Very disappointed. Why not give it a dunk or a was.

Shame on Lens Rentals cutting corners and doing the bare minimum

https://www.youtube.com/watch?v=cg-6wbETtbo


----------



## dhr90 (Nov 4, 2014)

Maybe not putting my 7D mk1 away in the bag when it rained last month wasn't such a good idea (now I've seen all the extra places the mk2 has sealing). Rain covers will be on Santas wish list this year I think.
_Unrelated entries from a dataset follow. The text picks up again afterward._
//! What a work in parts is done with.

use std::alloc::Global;

/// In how many parts a table is made and checked.
pub const PARTS: u32 = 4;

/// What a work in parts is done with: the threads, the memory, and the gate that each part passes.
#[derive(Drop)]
pub struct Workers<'a, R, G> {
    pub rt: &'a R,
    pub alloc: Global,
    pub gate: &'a G,
}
Impressive upgrades and an impressive dissection.


----------



## dstppy (Nov 4, 2014)

FINALLY. Now my lens cap photos will be properly dark!


----------



## dufflover (Nov 4, 2014)

dhr90 said:


> Maybe not putting my 7D mk1 away in the bag when it rained last month wasn't such a good idea (now I've seen all the extra places the mk2 has sealing). Rain covers will be on Santas wish list this year I think.
> 
> Impressive upgrades and an impressive dissection.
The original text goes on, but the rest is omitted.